# New Here - Eye Opening Year



## routerx (Aug 20, 2020)

Last fall I caught my wife romantically texting another man while she was standing right next to me. When I called her out on it she said it was just an old flame, nothing to see here. Long story short, she kept doing it and I don't know what the heck was going on. We have children. My world was rocked. Who am I married to? I wondered.
Her behavior has been defensive, always pointing out my sins of the past whenever I tried to bring it up. On the attack she would go. Who is this person?!
So, I stopped probing. Talked to a lawyer and she handed me a book about narcissism (my wife) and co-dependency (me). Oh how much crap I put up with (my fault) in the past and how mean she was (her fault) - always had me on my heels thinking I had some something wrong.
2020 has been the WORST and BEST year of my life.
My wife wants to work things out and stay in the marriage and become VERY scared when she found out I was considering divorce. She no longer is as mean, but the question is, is it an act or is she sincere? Honestly, I think it's an act. That's where I'm at right now. I think I'm living with someone who doesn't love me - I don't think she ever really has. I think she wanted to marry another man and he wasn't available so she settled for me. The other man was the one I caught her texting. 
I'm not sad anymore. Just bummed. Bummed I have kids with someone who is so lame. How lame to marry someone without going all in. Just so pathetic. Where do we go from here? I don't know. Not sure. Good to vent though. Thank you for reading. 
I am making positive changes but every day is hard. Not sure it's worth it to keep this going and not sure this is what is best for the kids. Thinking it may be better if we split, but, taking my time on that decision.
Take care.


----------



## attheend02 (Jan 8, 2019)

routerx said:


> Last fall I caught my wife romantically texting another man while she was standing right next to me. When I called her out on it she said it was just an old flame, nothing to see here. Long story short, she kept doing it and I don't know what the heck was going on. We have children. My world was rocked. Who am I married to? I wondered.
> Her behavior has been defensive, always pointing out my sins of the past whenever I tried to bring it up. On the attack she would go. Who is this person?!
> So, I stopped probing. Talked to a lawyer and she handed me a book about narcissism (my wife) and co-dependency (me). Oh how much crap I put up with (my fault) in the past and how mean she was (her fault) - always had me on my heels thinking I had some something wrong.
> 2020 has been the WORST and BEST year of my life.
> ...


Keep moving on the divorce... she just realizes that she is about to lose the cake she's been eating.


----------



## Lostinthought61 (Nov 5, 2013)

I agree, i would make it perfectly clear to her that you are no one's plan b and you would rather divorce her than play second fiddle to her loser ex.


----------



## BluesPower (Mar 27, 2018)

routerx said:


> Last fall I caught my wife romantically texting another man while she was standing right next to me. When I called her out on it she said it was just an old flame, nothing to see here. Long story short, she kept doing it and I don't know what the heck was going on. We have children. My world was rocked. Who am I married to? I wondered.
> Her behavior has been defensive, always pointing out my sins of the past whenever I tried to bring it up. On the attack she would go. Who is this person?!
> 
> So, I stopped probing. Talked to a lawyer and she handed me a book about narcissism (my wife) and co-dependency (me). Oh how much crap I put up with (my fault) in the past and how mean she was (her fault) - always had me on my heels thinking I had some something wrong.
> ...


With what little you have written, I think just move on with the divorce. 
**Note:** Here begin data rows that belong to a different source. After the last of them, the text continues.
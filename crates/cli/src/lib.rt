// What the programs for machines read and write: lines of any length, through fixed buffers. What they say of a line is promised by
// `records_reply`; they differ in the kind of reply alone, so the reading of the input stands here. The caller says what is done with what stands behind a
// number (#107).
#![tactic(auto)]

ghost use Rattle.cli.specs.Promises.{Answered};
ghost use Rattle.std.specs.Prelude.{◌≡◌};

use line_reader::Rest;
use number::{Number, NumberState};
use records_reply::{put_number_reply, put_records_reply};
use std::io::{Read, Stdin};
use strict::Profile;

// What a program says of each line.
#[derive(Clone, Copy)]
pub enum Kind {
    // `ok 0xH` or `refused N`.
    Number,
    // A canonical block, its value read by a profile (#110).
    Records(Profile),
}

fn put_reply(kind: Kind, buf: &mut [u8], at: usize, number: Number) -> usize {
    match kind {
        Kind::Number => return put_number_reply(buf, at, number),
        Kind::Records(profile) => return put_records_reply(buf, at, profile, number),
    }
}

// Puts a reply after what is held. Where the buffer ends within it, what is held is written, and the reply is put at the front.
fn reply(kind: Kind, buf: &mut [u8], at: usize, number: Number) -> usize {
    let end = put_reply(kind, buf, at, number);
    if end <= buf.len() {
        return end;
    }
    streams::flush(buf, at);
    put_reply(kind, buf, 0, number)
}

// Answers the lines that end in a part of the input, and hands on the line that does not.
// Kept beside the loop of `esr_listing` (rule of the project): one function for both would be told by its caller what to
// reply, and a public function asks nothing of its caller and promises all that it gives. Both share `take_line`.
#[tactic(auto, using(line_reader::proofs::Laws::part_moved))]
fn answer_part(
    kind: Kind,
    rest: Rest,
    from: NumberState,
    part: &[u8],
    buf: &mut [u8],
) -> NumberState {
    let mut line = from;
    let mut next: usize = 0;
    let mut at: usize = 0;
    // Kept, no plainer: each line gives the next offset.
    while next < part.len() {
        let taken = line_reader::take_line(line, part, next);
        line = taken.state;
        next = taken.next;
        if taken.ended {
            at = reply(kind, buf, at, line_reader::line_number(line, rest));
            line = NumberState::start();
        }
    }
    streams::flush(buf, at);
    line
}

// A last line without a line feed is one if it has a byte.
fn answer_last(kind: Kind, rest: Rest, line: NumberState, buf: &mut [u8]) -> usize
    ensures { result ≡ 0 }
{
    if !line.is_open() {
        return 0;
    }
    let end = reply(kind, buf, 0, line_reader::line_number(line, rest));
    streams::flush(buf, end)
}

// A proved loop has to end, and nothing says that an input does: it makes more reads than any run uses up.
fn answer_all(kind: Kind, rest: Rest, mut stdin: Stdin, part: &mut [u8], buf: &mut [u8]) -> usize
    ensures { result ≡ 0 }
{
    let mut line = NumberState::start();
    'reads: for _ in 0..u64::MAX {
        let got = streams::got(stdin.read(part).ok());
        let n = streams::count_read(got, part);
        if n == 0 {
            return answer_last(kind, rest, line, buf);
        }
        line = answer_part(kind, rest, line, &part[0..n], buf);
    }
    0
}

// Answers each line of standard input. The answer is how many bytes of what it said are still held.
pub fn answer(kind: Kind, rest: Rest, stdin: Stdin) -> usize
    ensures { Answered (kind, rest) result }
{
    let mut part = io::large_buffer();
    let mut buf = io::large_buffer();
    answer_all(kind, rest, stdin, &mut part, &mut buf)
}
Tell her to call her lover boy and marry him. 

See, the deal is, there are a lot of unanswered questions that you may want answers to. However, if you are just done with her then be done with her and don't worry about it. 

Some of the questions would be:

1) Was the affair physical, or was it just an emotional affair? 
2) You know it was at least an emotional affair, right? 
3) Does the other man (OM) have a wife or GF? 
4) If you filing for divorce scares her, why? Is it because she is loosing good old plan b (you)?
5) If you are so terrible, why not just divorce, is it because lover boy won't leave his wife for her, or he does not want her at all? 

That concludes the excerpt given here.